In Diversity Inc, there is an article about a pop psychology test from the University of Chicago. The test, self-administered on-line, runs through various photos of black and white men who are either holding a gun or something else. The test taker presses the “/ ” key to shoot the guy with the gun, or presses the “z” key to put the gun away.
The idea is for the test taker to see how racist he or she is in terms of who he or she thinks is more likely to be carrying a gun. I took the test and found out that I would have been shot dead several times over since my reaction time was so darned slow. I scored into the negative numbers. It didn’t matter if the shooter was black or white.
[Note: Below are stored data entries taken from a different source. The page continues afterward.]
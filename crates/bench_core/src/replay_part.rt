//! What an event of a script costs: a day's script of so many events is made up, read and replayed.

mod day_script;

use day_script::DayScript;
use leg::VenueId;
use replay::run;
use schedule::ScriptFault;
use script::{Parts, Script, read_script};
use std::alloc::Global;
use std::io::Write;
use trial::TrialFault;

/// How far a run goes: each part does what the ones before it do.
#[derive(Clone, Copy, Debug, PartialEq, Eq)]
pub enum ReplayPart {
    /// The script is made up.
    Make,
    /// It is read.
    Read,
    /// The world of it is run.
    Run,
}

impl ReplayPart {
    /// The part of this name.
    pub fn named(name: &str) -> Option<ReplayPart> {
        match name {
            "make" => Some(ReplayPart::Make),
            "read" => Some(ReplayPart::Read),
            "run" => Some(ReplayPart::Run),
            _ => None,
        }
    }
}

/// The script of a text that was made up, which has no bad line.
fn script_of(alloc: Global, text: &str) -> Result<Script, TrialFault> {
    match read_script(alloc, text.as_bytes()) {
        Ok(script) => Ok(script),
        Err(ScriptFault::Line(_)) => Err(TrialFault::Refused),
        Err(ScriptFault::OutOfMemory) => Err(TrialFault::OutOfMemory),
    }
}

/// Replays the script, and writes how many orders were accepted, and how many notes the book was given.
fn replay_script<W: Write>(alloc: Global, script: Script, out: &mut W) -> Result<(), TrialFault> {
    let Parts {
        max_number,
        dialects,
        next,
        events,
    } = script.into_parts();
    let world = run(alloc, dialects, &next, max_number, events)?;
    let venue = VenueId::new(0)?;
    let accepted = world.accepted(venue).len();
    let given = world.given(venue).len();
    writeln!(out, "{accepted} orders accepted, {given} notes given")?;
    Ok(())
}

/// Makes up a script of so many events or a few more, goes as far as it is asked to, and writes how far it came.
pub fn run_replay<W: Write>(
    alloc: Global,
    part: ReplayPart,
    events: u64,
    out: &mut W,
) -> Result<(), TrialFault> {
    let mut day = DayScript::new(alloc)?;
    day.go_on(events)?;
    let made = day.events();
    writeln!(out, "{made} events")?;
    if part == ReplayPart::Make {
        return Ok(());
    }
    let script = script_of(alloc, day.text())?;
    if part == ReplayPart::Read {
        return Ok(());
    }
    replay_script(alloc, script, out)
}
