//! A server round a simulated exchange.

ghost use Rattle.std.specs.Prelude.{◌≡◌, false, OnOk};

use crate::acceptor::Acceptor;
use crate::port::Port;
use crate::stream::{Heard, hear, say};
use clock::Clock;
use dialect::Dialect;
use std::alloc::AllocError;
use std::io::{Read, Write};
use std::sync::atomic::{AtomicBool, Ordering};

/// How many bytes a turn reads at most.
const MOST_READ: usize = 1_024;

/// Serves one client after another until `is_over`, or for so many turns, each of which waits for a client or its bytes
/// as long as the port has it. Where a connection fails, or the plan cuts it, the next client is waited for. The only
/// refusal is out of memory.
pub fn serve<D: Dialect, C: Clock>(
    port: &mut Port,
    acceptor: &mut Acceptor<D, C>,
    is_over: &AtomicBool,
    turn_limit: u64,
) -> Result<(), AllocError>
    ensures { OnOk result (acceptor.new.is_connected ≡ false) }
{
    let mut client = None;
    for _ in 0..turn_limit {
        if is_over.load(Ordering::SeqCst) {
            break;
        }
        client = match client {
            Some(stream) => served(stream, port, acceptor)?,
            None => greeted(port.next_client(), acceptor),
        };
    }
    acceptor.disconnect();
    Ok(())
}

/// Where a client came its connection begins.
fn greeted<S, D: Dialect, C: Clock>(client: Option<S>, acceptor: &mut Acceptor<D, C>) -> Option<S> {
    if client.is_some() {
        acceptor.connect();
    }
    client
}

/// Serves a client for a turn, and gives it back unless its connection ended.
fn served<S: Read + Write + Drop, D: Dialect, C: Clock>(
    mut stream: S,
    port: &mut Port,
    acceptor: &mut Acceptor<D, C>,
) -> Result<Option<S>, AllocError> {
    if goes_on(&mut stream, port, acceptor)? {
        Ok(Some(stream))
    } else {
        acceptor.disconnect();
        Ok(None)
    }
}

/// Reads once, takes what came and writes what is answered; where nothing came it then waits. It says whether the
/// connection goes on.
fn goes_on<S: Read + Write, D: Dialect, C: Clock>(
    stream: &mut S,
    port: &mut Port,
    acceptor: &mut Acceptor<D, C>,
) -> Result<bool, AllocError> {
    let mut buf = [0; MOST_READ];
    let heard = hear(stream, &mut buf);
    match heard {
        Heard::Bytes(count) => acceptor.receive(&buf[..count])?,
        Heard::Nothing => {}
        Heard::Gone => return Ok(false),
    }
    if !acceptor.is_connected() {
        return Ok(false);
    }
    let Some(count) = say(stream, acceptor.waiting()) else {
        return Ok(false);
    };
    acceptor.pass(count);
    if heard == Heard::Nothing {
        port.rest();
    }
    Ok(true)
}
The test is pretty slick, even if, one is not prone to give much stock to this sort of study. The pondering about who is packing a gun reminds me of those discussions I had in college with friends of mine. We wondered what each of us would do if walking alone at night. If a man was coming, who crossed to the other side, and under what circumstances? Each of us admitted that our radar went up regardless of who the man was and how fast he was coming up behind us or towards us.
I don’t tend to think of people walking around with guns. I do notice the no guns stickers on signs since carrying a gun is legal in Ohio. As far as I can tell from my terrible score, when I look at a gun, I see a wallet or a cell phone. It doesn’t matter who is holding it.
What I think is missing from the data is the background of the person taking the test. I wonder how much age, sex, and whether a person grew up in a city or in the country has any bearing on reactions? I also wonder if people who travel often are more likely to see a wallet? Or do our experiences have nothing to do with our trigger finger? I also wonder if, when we are traveling in a country where violent crime is rare, we react differently? I would guess yes.